For the pimp story, for example, the producer Laura Koontz, reached out to over 100 pimps on social media, on websites, and of those only under 20 agreed to … or replied back, and of those only … less than a handful agreed to sit down with us and talk. What’s not shown is the work that is done behind the scenes to try and get this access.

The reason why they talk to us is a combination of factors. The first one is ego: These are people that are very good at what they do, they’ve developed their craft, they’re very passionate about what they do, and sometimes not even their families know what they do, and we give them an opportunity to talk about what they know and we give them an opportunity to do so without disclosing their identity.

Secondly, I would say that it’s a sense of impunity. [Many have] spoken to us from places where there’s general impunity and they can go about their lives and their business without any trouble. So, by talking to an internationally recognized brand name like National Geographic, they feel they don’t really have much to lose.

I asked every single person I interviewed why have you agreed to talk to me, and one of the biggest reasons is because they know that they are the most shunned and stereotyped people in our society, and they want to tell their stories and they want to be able to show people that they’re not bad.

Roepe: It looked like you were in some really precarious situations. Sometimes when I was watching I was a little scared for you.

Did you ever feel like you were in danger?

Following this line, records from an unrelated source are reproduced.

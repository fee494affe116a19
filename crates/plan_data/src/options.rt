//! The options of a plan.

ghost use Rattle.std.specs.Prelude.{◌≡◌};

/// The options of a plan: gh-ost's flags where it has them. Ranges and defaults are this project's rule.
#[derive(Clone, Copy)]
pub struct Options {
    /// How many rows a chunk has at most (`--chunk-size`): 1 to 100,000.
    pub chunk_size: u32,
    /// How many events of the log a batch applies at most (`--dml-batch-size`): 1 to 1,000.
    pub dml_batch_size: u32,
    /// How often a task may fail before the migration is given up (`--default-retries`): 1 to 1,000.
    pub default_retries: u32,
    /// How many events may be unread where a cut-over begins: 0 to 100,000.
    pub max_backlog: u32,
    /// How many turns the applier has, once the tables are locked, to come to the end of the log: 1 to 100,000.
    pub drain_limit: u32,
    /// How often a client's wait is polled before it times out: 1 to 100,000.
    pub client_wait: u32,
    /// How often a wait of the tool is polled before it times out: 1 to 100,000.
    pub tool_wait: u32,
    /// How many transactions of clients may be open before the tool is throttled (`--max-load`): 0 to 64.
    pub max_load: u32,
    /// How many turns a run takes at most: 1 to 1,000,000.
    pub turn_limit: u32,
    /// How many notes the tool writes (heartbeats and checkpoints): 0 to 1,000.
    pub notes: u32,
    /// How many turns come between two notes at least: 1 to 100,000.
    pub note_every: u32,
    /// How many events of the log the replica takes over at a time: 0, which means that there is none, to 1,000.
    pub replica_step: u32,
    /// After how many turns it takes over the next ones: 1 to 1,000.
    pub replica_pause: u32,
    /// How many events of the changelog it may lack where a chunk or an attempt begins (`--max-lag-millis`, in events): 1 to 1,000.
    pub max_lag: u32,
    /// Whether a new tool finishes a run that has taken all its turns, hasn't ended and left a checkpoint (`--resume`).
    pub resume: bool,
    /// Whether the ALTER may give columns other names (`--approve-renamed-columns`).
    pub approve_renamed_columns: bool,
    /// Whether a new table that an earlier run left is dropped (`--initially-drop-ghost-table`).
    pub initially_drop_ghost_table: bool,
    /// Whether an old table that an earlier run left is dropped (`--initially-drop-old-table`).
    pub initially_drop_old_table: bool,
    /// Whether the old table is dropped at the end (`--ok-to-drop-table`).
    pub ok_to_drop_table: bool,
    /// Whether the cut-over waits for the operator's word (`--postpone-cut-over-flag-file`).
    pub postpone: bool,
    /// Whether the report has the history.
    pub show_history: bool,
    /// Whether the report has the order of turns.
    pub show_turns: bool,
    /// Whether the report has the rows of the tables that are left.
    pub show_tables: bool,
    /// Whether the report has the replies of the clients.
    pub show_replies: bool,
}

impl Default for Options {
    ghost use Rattle.std.specs.Prelude.{◌≡◌};
    ghost use Rattle.plan_data.specs.PlanOptions.{default_options};

    ghost is_default = { λ options. options ≡ default_options };

    fn default() -> Options {
        Options {
            chunk_size: 1_000,
            dml_batch_size: 10,
            default_retries: 60,
            max_backlog: 100,
            drain_limit: 2_000,
            client_wait: 20_000,
            tool_wait: 2_000,
            max_load: 64,
            turn_limit: 200_000,
            notes: 0,
            note_every: 100,
            replica_step: 0,
            replica_pause: 1,
            max_lag: 10,
            resume: false,
            approve_renamed_columns: false,
            initially_drop_ghost_table: false,
            initially_drop_old_table: false,
            ok_to_drop_table: false,
            postpone: false,
            show_history: false,
            show_turns: false,
            show_tables: true,
            show_replies: true,
        }
    }
}
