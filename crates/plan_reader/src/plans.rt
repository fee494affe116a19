//! A plan's document.

ghost use Rattle.std.specs.Prelude.{◌≤◌, length, IfOk, Some};
ghost use Rattle.std.specs.List.{AllByRecursion};
ghost use Rattle.table_store.specs.Databases.{database};
ghost use Rattle.toml.specs.View.{table_view};
ghost use Rattle.sql_create.specs.Laws.{ReadSchemasAreValid};
ghost use Rattle.plan_data.specs.declared.plan.TheConstants.{CLIENT_LIMIT};
ghost use Rattle.plan_data.specs.PlanParts.{data_of};
ghost use Rattle.plan_keys.specs.PlanKeys.{keys_of, key_data};
ghost use Rattle.plan_reader.specs.PlanTables.Tables.{IsSound};
ghost use Rattle.plan_reader.specs.Openings.{opening_data};
ghost use Rattle.plan_reader.specs.Orders.{order_data};
ghost use Rattle.plan_reader.specs.Plans.{plan_of, keys_in, plan_at, document, read};
ghost use Rattle.plan_reader.specs.Refusals.{of_keys, or_refused};
ghost use Rattle.base_values.specs.Faults.{Answers};
ghost use Rattle.plan_reader.specs.declared.fault.PlanRefusal.TheVariants.{NotToml};

use crate::clients::clients_of;
use crate::fault::{PlanFault, PlanRefusal};
use crate::limits::PLAN_LIMIT;
use crate::openings::opening_of;
use crate::orders::{few_orders, orders_of};
use base_values::{Name, because};
use plan_data::{MigratedTable, Plan, PlanParts};
use plan_keys::{PlanKeys, keys_of};
use std::alloc::Global;
use toml::Table;

/// What the keys say.
fn said_keys<'a>(alloc: Global, document: &'a Table) -> Result<PlanKeys<'a>, PlanFault>
    ensures keys { Answers key_data result (of_keys (keys_of (table_view document.now))) }
    ensures few { IfOk result (λ keys. length keys.texts.clients.items ≤ CLIENT_LIMIT) }
{
    because(keys_of(alloc, document), PlanRefusal::Keys)
}

/// What the keys say, and how many of each there are.
#[tactic(auto, unfolding(crate::specs::Plans::keys_in))]
fn keys_in<'a>(alloc: Global, document: &'a Table) -> Result<PlanKeys<'a>, PlanFault>
    ensures keys { Answers key_data result (keys_in (table_view document.now)) }
    ensures few { IfOk result (λ keys. length keys.texts.clients.items ≤ CLIENT_LIMIT) }
{
    let keys = said_keys(alloc, document)?;
    few_orders(alloc, keys)
}

/// The plan that a document is.
#[tactic(auto, unfolding(crate::specs::Plans::plan_at))]
fn plan_at(alloc: Global, document: &Table) -> Result<Plan, PlanFault>
    requires { ReadSchemasAreValid }
    ensures plan { Answers (λ plan. plan) result (plan_at (table_view document.now)) }
    ensures sound { IfOk result (λ plan. AllByRecursion IsSound plan.tables) }
{
    let keys = keys_in(alloc, document)?;
    let name = Name::new(alloc, keys.texts.table)?;
    let table = MigratedTable::new(alloc, name)?;
    let opening = opening_of(alloc, &table, &keys)?;
    let clients = clients_of(alloc, &table, keys.texts.clients.as_slice())?;
    let orders = orders_of(alloc, clients.len() as u32, &keys.texts)?;
    let parts = PlanParts {
        table,
        alter: opening.alter,
        tables: opening.tables,
        clients,
        operator: orders.operator,
        faults: orders.faults,
        turns: orders.turns,
        options: keys.options,
    };
    Ok(Plan::new(parts, opening.new))
}

#[tactic(auto, unfolding(crate::specs::Plans::document))]
fn document_of(alloc: Global, bytes: &[u8]) -> Result<Table, PlanFault>
    ensures { Answers (λ table. table_view table) result (or_refused NotToml (document bytes.now)) }
{
    match toml::table_from_slice(alloc, bytes) {
        Ok(table) => Ok(table),
        Err(fault) => {
            if fault.is_memory() {
                Err(PlanFault::Memory)
            } else {
                Err(PlanFault::Refused(PlanRefusal::NotToml))
            }
        }
    }
}

/// The plan that these bytes are: its tables are tables of valid schemas. That schemas which are read are valid is a law:
/// `law_texts::schemas` proves it.
#[tactic(auto, unfolding(crate::specs::Plans::read))]
pub fn read_plan(alloc: Global, bytes: &[u8]) -> Result<Plan, PlanFault>
    requires { ReadSchemasAreValid }
    ensures plan { Answers (λ plan. plan) result (read bytes.now) }
    ensures sound { IfOk result (λ plan. AllByRecursion IsSound plan.tables) }
{
    if bytes.len() > PLAN_LIMIT {
        return Err(PlanFault::Refused(PlanRefusal::TooLong));
    }
    let document = document_of(alloc, bytes)?;
    plan_at(alloc, &document)
}
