//! Plans, as they were read, and what a journal of one means.
#![tactic(auto)]

mod migrated_table;
mod options;
mod plan;
mod runs;

pub use migrated_table::MigratedTable;
pub use options::Options;
pub use plan::{AlteredSchema, CLIENT_LIMIT, Losses, Plan, PlanParts, Scripts};
pub use runs::{ActorRun, ActorRuns};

How did you deal with those moments of uncertainty? Specifically, I remember when the guy asked you for your phone and then you got into his car with him.

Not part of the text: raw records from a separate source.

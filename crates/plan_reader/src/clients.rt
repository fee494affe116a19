//! The scripts of a plan's clients.

ghost use Rattle.std.specs.Prelude.{◌≡◌, nat_lt, length, map, IfOk};
ghost use Rattle.std.specs.List.{count_by};
ghost use Rattle.plan_reader.specs.Clients.{is_statement, is_equality, shows_rows, is_open, is_open_select, line_count, has_many_statements, few_statements, client_script, scripts_of, tool_names, clients_of};
ghost use Rattle.base_values.specs.Faults.{Answers};

use crate::fault::{PlanFault, PlanRefusal};
use crate::limits::{OPEN_SELECT_LIMIT, STATEMENT_LIMIT};
use base_script::{Condition, Script, ScriptLine, ScriptWord, Shown, Statement};
use base_values::{Duplicate, Name, Names, Sequence, because};
use plan_data::{MigratedTable, Scripts};
use plan_keys::KeyRefusal;
use sql_statement::read_script;
use std::alloc::{AllocError, Global};

#[tactic(auto, unfolding(crate::specs::Clients::is_statement))]
fn is_statement(word: &ScriptWord) -> bool
    ensures { result ≡ is_statement word.now }
{
    match word {
        ScriptWord::Do(_) => true,
        ScriptWord::Begin => false,
        ScriptWord::Commit => false,
        ScriptWord::Rollback => false,
    }
}

fn is_equality(condition: &Condition) -> bool
    ensures { result ≡ is_equality condition.now }
{
    match condition {
        Condition::All => false,
        Condition::Equal(_) => true,
        Condition::Range(_) => false,
    }
}

fn shows_rows(shown: &Shown) -> bool
    ensures { result ≡ shows_rows shown.now }
{
    match shown {
        Shown::All => true,
        Shown::Columns(_) => true,
        Shown::Count => false,
    }
}

/// Whether a statement is a SELECT that may show many rows.
fn is_open(statement: &Statement) -> bool
    ensures { result ≡ is_open statement.now }
{
    match statement {
        Statement::Select {
            shown,
            condition,
            ..
        } => shows_rows(shown) && !is_equality(condition),
        Statement::Insert { .. } => false,
        Statement::Replace { .. } => false,
        Statement::Delete { .. } => false,
        Statement::Update { .. } => false,
    }
}

#[tactic(auto, unfolding(crate::specs::Clients::is_open_select))]
fn is_open_select(word: &ScriptWord) -> bool
    ensures { result ≡ is_open_select word.now }
{
    match word {
        ScriptWord::Do(statement) => is_open(statement),
        ScriptWord::Begin => false,
        ScriptWord::Commit => false,
        ScriptWord::Rollback => false,
    }
}

fn statements_in(script: &[ScriptLine]) -> usize
    ensures { result ≡ count_by (λ line. is_statement line.word) script.now }
{
    let mut count: usize = 0;
    for line in script {
        if is_statement(&line.word) {
            count += 1;
        }
    }
    count
}

fn open_selects_in(script: &[ScriptLine]) -> usize
    ensures { result ≡ count_by (λ line. is_open_select line.word) script.now }
{
    let mut count: usize = 0;
    for line in script {
        if is_open_select(&line.word) {
            count += 1;
        }
    }
    count
}

/// Whether scripts have more statements together than `limit`.
fn have_more_statements(limit: usize, scripts: &[Script]) -> bool
    ensures { result ≡ nat_lt limit (line_count is_statement scripts.now) }
{
    let mut left = limit;
    for script in scripts {
        let statements = statements_in(script.as_slice());
        if left < statements {
            return true;
        }
        left -= statements;
    }
    false
}

/// Whether scripts have more SELECTs that may show many rows together than `limit`.
fn have_more_open_selects(limit: usize, scripts: &[Script]) -> bool
    ensures { result ≡ nat_lt limit (line_count is_open_select scripts.now) }
{
    let mut left = limit;
    for script in scripts {
        let selects = open_selects_in(script.as_slice());
        if left < selects {
            return true;
        }
        left -= selects;
    }
    false
}

fn few_statements(scripts: Scripts) -> Result<Scripts, PlanFault>
    ensures few { Answers (λ scripts. scripts) result (few_statements scripts) }
    ensures same { IfOk result (λ read. length read ≡ length scripts) }
{
    if have_more_statements(STATEMENT_LIMIT, scripts.as_slice())
        || have_more_open_selects(OPEN_SELECT_LIMIT, scripts.as_slice())
    {
        Err(PlanFault::Refused(PlanRefusal::Keys(KeyRefusal::TooMany)))
    } else {
        Ok(scripts)
    }
}

/// The script of the client of this number.
fn script_of(alloc: Global, tools: &[Name], client: u32, text: &str) -> Result<Script, PlanFault>
    ensures { Answers (λ script. script) result (client_script tools.now client text.now) }
{
    because(
        read_script(alloc, text, tools),
        |refusal| PlanRefusal::Script { client, refusal },
    )
}

fn scripts_of(alloc: Global, tools: &[Name], texts: &[&str]) -> Result<Scripts, PlanFault>
    ensures scripts { Answers (λ scripts. scripts) result (scripts_of tools.now (map (λ text. text.now) texts.now)) }
    ensures each { IfOk result (λ scripts. length scripts ≡ length texts.now) }
{
    let mut scripts = Sequence::new(alloc);
    let mut client: u32 = 1;
    for text in texts {
        let script = script_of(alloc, tools, client, text)?;
        scripts.push(script)?;
        client = client.saturating_add(1);
    }
    Ok(scripts)
}

/// The names of the tool's tables.
fn tool_names(alloc: Global, migrated: &MigratedTable) -> Result<Names, AllocError>
    ensures { IfOk result (λ names. names ≡ tool_names migrated.now) }
{
    let new = migrated.ghost_name().copy()?;
    let log = migrated.log_name().copy()?;
    let old = migrated.old_name().copy()?;
    Ok(Sequence::from_vec(vec![in alloc; new, log, old]?))
}

/// The scripts of the clients whose texts these are. No line names one of the tables of the tool that migrates the table
/// of this name.
#[tactic(auto, unfolding(crate::specs::Clients::clients_of))]
pub fn clients_of(
    alloc: Global,
    migrated: &MigratedTable,
    texts: &[&str],
) -> Result<Scripts, PlanFault>
    ensures clients { Answers (λ scripts. scripts) result (clients_of migrated.now (map (λ text. text.now) texts.now)) }
    ensures each { IfOk result (λ scripts. length scripts ≡ length texts.now) }
{
    let tools = tool_names(alloc, migrated)?;
    let scripts = scripts_of(alloc, tools.as_slice(), texts)?;
    few_statements(scripts)
}
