//! How many of each a plan has at most, and how many bytes.

/// How many bytes a plan has at most: 16 MiB. This project's rule.
pub const PLAN_LIMIT: usize = 16_777_216;

/// The most lines with a command that the operator's text has. This project's rule.
pub const COMMAND_LIMIT: u64 = 1_000;

/// The most turns that a plan's order asks for. This project's rule.
pub const ORDER_LIMIT: u64 = 1_000_000;

/// The most statements that the scripts of all clients have together. This project's rule.
pub const STATEMENT_LIMIT: usize = 50_000;

/// The most SELECTs without an equality that the scripts of all clients have together. This project's rule.
pub const OPEN_SELECT_LIMIT: usize = 64;
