//! The tables that exist before the migration, and its ALTER.

ghost use Rattle.std.specs.Prelude.{◌≡◌, Some, IfOk, map, option_map};
ghost use Rattle.std.specs.List.{AllByRecursion};
ghost use Rattle.sql_change.specs.AlteredSchema.{altered};
ghost use Rattle.sql_alter.specs.AlterText.{alter_at};
ghost use Rattle.table_store.specs.Databases.{database, find_table, has_table};
ghost use Rattle.base_values.specs.SchemaRules.Valid.{IsValid};
ghost use Rattle.sql_create.specs.Laws.{ReadSchemasAreValid};
ghost use Rattle.plan_keys.specs.PlanKeys.{table_data, key_data};
ghost use Rattle.plan_reader.specs.PlanTables.Tables.{tables_of, IsSound};
ghost use Rattle.plan_reader.specs.Openings.{has_left_ghost, is_no_sentry, has_left_old, without_leftovers, migrated_in, opening_of, opening_data};
ghost use Rattle.plan_reader.specs.Refusals.{of_tables, of_alter};
ghost use Rattle.base_values.specs.Faults.{Answers};

use crate::fault::{PlanFault, PlanRefusal};
use crate::plan_tables::read_tables;
use base_values::gho_schema::Schema;
use base_values::row_conversion::Clauses;
use base_values::{Name, because};
use plan_data::{AlteredSchema, MigratedTable, Options};
use plan_keys::PlanKeys;
use sql_alter::read_alter;
use sql_change::altered;
use std::alloc::{AllocError, Global};
use table_store::paged_tables::Tables;
use table_store::paged_tables::row_pages::Table;
use tool_changelog::SENTRY_COMMENT;

/// What exists before the migration, and what the ALTER makes of it.
#[derive(Drop)]
pub struct Opening {
    /// The opening tables, in the plan's order.
    pub tables: Tables,
    /// The clauses of the ALTER.
    pub alter: Clauses,
    /// What the ALTER makes of the migrated table.
    pub new: AlteredSchema,
}

/// The tables, with their rows.
fn tables_of(alloc: Global, keys: &PlanKeys<'_>) -> Result<Tables, PlanFault>
    requires { ReadSchemasAreValid }
    ensures tables { Answers database result (of_tables (tables_of keys.now.version keys.now.texts.table.now (map table_data keys.now.texts.tables.items))) }
    ensures sound { IfOk result (λ tables. AllByRecursion IsSound (database tables)) }
{
    let tables = read_tables(
        alloc,
        keys.version,
        keys.texts.table,
        keys.texts.tables.as_slice(),
    );
    because(tables, PlanRefusal::Tables)
}

/// The table to migrate.
fn migrated_in<'a>(migrated: &Name, tables: &'a Tables) -> Result<&'a Table, PlanFault>
    ensures table { Answers (λ table. table.now.table) result (migrated_in migrated.now (database tables.now)) }
    ensures found { IfOk result (λ table. find_table migrated.now (database tables.now) ≡ Some table.now.table) }
{
    match tables.find(migrated) {
        Some(table) => Ok(table),
        None => Err(PlanFault::Refused(PlanRefusal::NoTable)),
    }
}

/// Whether a new table that an earlier run left exists, and may not be dropped.
fn has_left_ghost(migrated: &MigratedTable, options: Options, tables: &Tables) -> bool
    ensures { result ≡ has_left_ghost migrated.now options (database tables.now) }
{
    tables.stands(migrated.ghost_name()) && !options.initially_drop_ghost_table
}

/// Whether a table exists that is no earlier run's sentry.
#[tactic(auto, unfolding(tool_changelog::specs::ToolTables::sentry_comment))]
fn is_no_sentry(table: Option<&Table>) -> bool
    ensures { result ≡ is_no_sentry (option_map (λ table. table.now.table) table.entry) }
{
    match table {
        None => false,
        // The sentry of an earlier run has the old table's name, and is known by its comment. It may always be dropped.
        Some(table) => table.schema().comment.as_str() != SENTRY_COMMENT,
    }
}

/// Whether an old table that an earlier run left exists, and may not be dropped.
fn has_left_old(migrated: &MigratedTable, options: Options, tables: &Tables) -> bool
    ensures { result ≡ has_left_old migrated.now options (database tables.now) }
{
    is_no_sentry(tables.find(migrated.old_name())) && !options.initially_drop_old_table
}

/// The tool may drop what an earlier run left.
fn without_leftovers(
    migrated: &MigratedTable,
    options: Options,
    tables: &Tables,
) -> Result<(), PlanFault>
    ensures { Answers (λ _. database tables.now) result (without_leftovers migrated.now options (database tables.now)) }
{
    if has_left_ghost(migrated, options, tables) || has_left_old(migrated, options, tables) {
        return Err(PlanFault::Refused(PlanRefusal::Leftover));
    }
    Ok(())
}

/// The clauses of the ALTER.
fn clauses_of(
    alloc: Global,
    version: u32,
    migrated: &Name,
    text: &str,
) -> Result<Clauses, PlanFault>
    ensures { Answers (λ clauses. clauses) result (of_alter (alter_at version migrated.now text.now)) }
{
    because(
        read_alter(alloc, text, migrated, version),
        PlanRefusal::Alter,
    )
}

/// What the clauses make of a schema.
fn altered_of(
    alloc: Global,
    options: Options,
    schema: &Schema,
    clauses: &Clauses,
) -> Result<AlteredSchema, PlanFault>
    requires { IsValid schema.now }
    ensures { Answers (λ new. (new.schema, new.map)) result (of_alter (altered options.approve_renamed_columns schema.now clauses.now)) }
{
    let new = altered(alloc, schema, clauses, options.approve_renamed_columns);
    let (schema, map) = because(new, PlanRefusal::Alter)?;
    Ok(AlteredSchema { schema, map })
}

/// The opening of a plan. That schemas which are read are valid is a law: `law_texts::schemas` proves it.
#[tactic(auto, unfolding(crate::specs::Openings::opening_of))]
pub fn opening_of(
    alloc: Global,
    migrated: &MigratedTable,
    keys: &PlanKeys<'_>,
) -> Result<Opening, PlanFault>
    requires valid { ReadSchemasAreValid }
    requires named { migrated.now ≡ keys.now.texts.table.now }
    ensures opening { Answers opening_data result (opening_of (key_data keys.now)) }
    ensures sound { IfOk result (λ opening. AllByRecursion IsSound (database opening.tables)) }
{
    let tables = tables_of(alloc, keys)?;
    let table = migrated_in(migrated.name(), &tables)?;
    without_leftovers(migrated, keys.options, &tables)?;
    let alter = clauses_of(alloc, keys.version, migrated.name(), keys.texts.alter)?;
    let new = altered_of(alloc, keys.options, table.schema(), &alter)?;
    Ok(Opening { tables, alter, new })
}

van Zeller: Actually leaving my phone behind has happened in a few situations where that’s the only way that they feel safe and protected.

I would say there was definitely moments where I was scared, and there were moments where we were all uncomfortable, but there’s a lot of preparation that goes in planning, that goes before any of these things happen, and I think it’s just a matter of staying calm.

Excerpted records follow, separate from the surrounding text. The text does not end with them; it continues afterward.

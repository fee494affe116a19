//! The tables of a plan, with their rows, as they are read from texts.

mod fault;
mod row_text;
mod rows;
mod tables;

pub use fault::{TableFault, TableRefusal};
pub use tables::read_tables;
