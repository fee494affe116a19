//! The migrated table, by its name.

ghost use Rattle.std.specs.Prelude.{◌≡◌, IfOk};
ghost use Rattle.base_values.specs.ToolNames.{ghost_name, log_name, old_name};

use base_values::tool_names::{ghost_name, log_name, old_name};
use base_values::{Duplicate, Name};
use std::alloc::{AllocError, Global};
use std::marker::Model;

/// The migrated table's name. Contracts see that alone. The names of the tool's tables, which follow from it, are made once and kept:
/// calls ask for them again and again. Copies share all four.
pub struct MigratedTable {
    name: Name,
    ghost_table: Name,
    log: Name,
    old: Name,
}

// By hand, so that crates above prove it as one call.
impl Drop for MigratedTable {
    fn drop(self) {
        let MigratedTable {
            name,
            ghost_table,
            log,
            old,
        } = self;
        drop(name);
        drop(ghost_table);
        drop(log);
        drop(old);
    }
}

impl Model for MigratedTable {
    ghost use Rattle.std.specs.Prelude.{ℕ, List};
    ghost use Rattle.plan_data.specs.MigratedTables.{HasNames};

    ghost Value = { List ℕ };

    ghost view = { λ t. t.name };

    ghost invariant = { λ t. HasNames t.name t.ghost_table t.log t.old };
}

impl MigratedTable {
    /// The migrated table of this name.
    pub fn new(alloc: Global, name: Name) -> Result<MigratedTable, AllocError>
        ensures { IfOk result (λ table. table ≡ name) }
    {
        let ghost_table = ghost_name(alloc, &name)?;
        let log = log_name(alloc, &name)?;
        let old = old_name(alloc, &name)?;
        Ok(MigratedTable {
            name,
            ghost_table,
            log,
            old,
        })
    }

    /// Its name.
    pub fn name(&self) -> &Name
        ensures { result.now ≡ self.now }
    {
        &self.name
    }

    /// The name of the new table, until it takes the migrated table's name.
    pub fn ghost_name(&self) -> &Name
        ensures { result.now ≡ ghost_name self.now }
    {
        &self.ghost_table
    }

    /// The name of the changelog.
    pub fn log_name(&self) -> &Name
        ensures { result.now ≡ log_name self.now }
    {
        &self.log
    }

    /// The name of the table from before, once the new one took its name; before that the sentry's.
    pub fn old_name(&self) -> &Name
        ensures { result.now ≡ old_name self.now }
    {
        &self.old
    }
}

impl Duplicate for MigratedTable {
    fn copy(&self) -> Result<MigratedTable, AllocError> {
        Ok(MigratedTable {
            name: self.name.copy()?,
            ghost_table: self.ghost_table.copy()?,
            log: self.log.copy()?,
            old: self.old.copy()?,
        })
    }
}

I think the most important thing is, if you show that you trust them and if you respect them they will trust and respect you back. If you show that you’re nervous, and you show up with security behind you, and if you’re suspicious of them and what they might do, then they’ll be suspicious of you, too.

The hurdle that we always have to pass when gaining access into these worlds is suspicion that we’re law enforcement. There are lots of meetings that happen for them to verify and trust that we’re in fact journalists. Once we pass that hurdle, and once I tell them I’m here to listen to your story and I come without judgment, I think then these worlds have opened to us and people have been willing to talk to us in a way that even I wasn’t expecting.

The Ms. Q&A: Mariana van Zeller on Being a Woman Journalist Covering the Black Market and Shadow Economy
van Zeller on location in Kyiv, Ukraine. (@marianavz / Instagram)

Roepe: How do you feel you were perceived by your sources? Do you think there are some advantages to being a female journalist? Do you think your sources may have underestimated you?

van Zeller: Yes. Absolutely. 100 percent. I think we’re seen, as women, as less threatening, so I think there’s a tendency to allow us more access because of it, and there’s also a sense that as women our approach, in general, is more of empathy, and I think that goes a long way, especially when dealing with these guys that have been leaders of cartels and these black market worlds that are many times sort of macho men. A lot of places that we went to I was the first woman to ever go into. I think that disarmed them in many ways, and it’s been, so far, incredibly helpful.

Roepe: What do you think are some of the unique challenges that women journalists face? Are there also some challenges that perhaps your male colleagues don’t have to deal with?

van Zeller: I haven’t really encountered many disadvantages in the field as a reporter, I have to say. I mean, obviously, like all of us women in every industry have found disadvantages in our industries. You know, lack of equal opportunity in many cases.

In my career as a journalist, there have been situations where obviously that’s happened, but in the field, as a reporter, I can’t say that I’ve actually experienced any disadvantages per se. There have been places that I haven’t been allowed in.

Once I was reporting about the Niger Delta conflict and we were spending time with this rebel group there, and it was myself and my husband. It was back when it was just me and my husband traveling the world and doing short stories for Current TV, and we went to the base of these rebels. My husband was allowed in and I wasn’t.

I’ve done stories in Chania, for example, also with my husband. I was speaking to officials to try to get permission to go somewhere and they just refused to speak to me even though I was the only one who spoke French. They would only allow my husband to talk even though he doesn’t speak French. There have been some moments where I’ve been infuriated and angry, but in general, I have seen more advantages than disadvantages.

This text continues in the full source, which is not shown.